Article Text
Abstract
Introduction/Background Niraparib is a PARP inhibitor approved in Europe as maintenance monotherapy in advanced ovarian cancer (aOC) after response to 1L platinum-based chemotherapy. PRIMA/ENGOT-ov26/GOG-3012 showed significant improvement in progression-free survival in aOC with niraparib versus placebo. An early access program (cohort [c]ATU) in France allowed real-world patients with newly-diagnosed aOC who had limited treatment options to receive 1L maintenance treatment with niraparib, when bevacizumab maintenance was not an option for BRCA wild-type patients.
Methodology Patients with newly-diagnosed aOC, including patients without residual disease (RD), were eligible if they had response following platinum-based chemotherapy, were not eligible for bevacizumab, and lacked a BRCA mutation. Niraparib was administered orally (200/300 mg/day) by baseline weight and platelet count.
Results From August 2020-March 2021, 67 oncologists from 55 hospitals completed evaluations for 82 patients with newly-diagnosed aOC; 73 met all eligibility criteria; 67 were exposed to niraparib. Baseline characteristics (table 1) showed that of 48 patients with prior surgery, 36 had interval debulking and 12 upfront surgery; 94% (34/36) and 100% (12/12) had no RD, respectively. Mean niraparib dose at treatment initiation was 207.8 mg/day compared with 181.3 mg/day reported in PRIMA (Mirza, et al. J Clin Oncol;2020:38(15 suppl):6050). Niraparib was discontinued before the end of the ATU period in 8/67 patients (due to adverse events [AEs], n=4; disease progression, n=3; patient request, n=1). 86 treatment-related AEs occurred in 28/67 patients, most commonly thrombocytopenia (25% of patients [grade 3/4 in 7%]), nausea (10% [1%]), and abnormal haemoglobin (9% [0%]).
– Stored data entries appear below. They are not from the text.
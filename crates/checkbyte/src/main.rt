// checkbyte FILE: writes the check byte of the file's bytes, as two hexadecimal digits and a newline. The file may have any length.
// What it cannot do it says on standard error, and then writes nothing else.

#![tactic(auto)]

ghost use Rattle.std.specs.Prelude.{◌≡◌, true, take, IfOk};
ghost use Rattle.crc.specs.CheckByte.{remainder};

use files::{Input, Stop};
use std::fmt::InlineText;
use std::process::ExitCode;

// What a read left: whether the file has ended, how many bytes it gave, and the check byte of all bytes so far.
#[derive(Clone, Copy)]
struct Taken {
    // Kept (promise): `take_all` says that it answers only where the file has ended, and `take_part` that nothing came there.
    ended: bool,
    have: usize,
    check: u8,
}

// One read more, and the check byte of the bytes before it goes on over what it gave.
fn take_part(file: &mut Input, check: u8, buf: &mut [u8]) -> Result<Taken, Stop>
    ensures check_value { IfOk result (λ taken. taken.check ≡ remainder check (take taken.have buf.new)) }
    ensures have_value { IfOk result (λ taken. taken.ended ≡ true → taken.have ≡ 0) }
{
    let more = file.read_more(true, buf, 0)?;
    let part = &buf[..more.have];
    Ok(Taken {
        ended: more.ended,
        have: more.have,
        check: crc::go_on(check, part),
    })
}

// Takes the file part by part: where it answers, the file has ended. What it could not do it has said.
fn take_all(file: &mut Input, buf: &mut [u8]) -> Result<Taken, Stop>
    ensures { IfOk result (λ taken. taken.ended ≡ true) }
{
    let mut check = 0;
    for _ in 0..files::TURNS {
        let taken = take_part(file, check, buf)?;
        if taken.ended {
            return Ok(taken);
        }
        check = taken.check;
    }
    file.say(b": too long\n");
    Err(Stop::Failed)
}

fn run(rt: &HostRuntime) -> Result<(), Stop> {
    let mut name = [0u8; 4096];
    let path = files::argument(rt, 1, b"usage: checkbyte FILE\n", &mut name)?;
    let mut file = files::open(rt, path)?;
    let mut buf = [0u8; 65536];
    let Taken { check, .. } = take_all(&mut file, &mut buf)?;
    let line = InlineText::<4>::of(format_args!("{check:02x}\n"));
    files::write_last(rt, line.as_str().as_bytes(), Ok(()))
}

fn main(rt: HostRuntime) -> ExitCode {
    files::end(run(&rt))
}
Conclusion In the first real-life data from patients without maintenance treatment options, no additional safety concerns were observed with niraparib at a comparable median dose versus PRIMA in an older population. The enrolment of 67 patients in 8 months highlights the need for access to treatments for patients with newly-diagnosed aOC in France.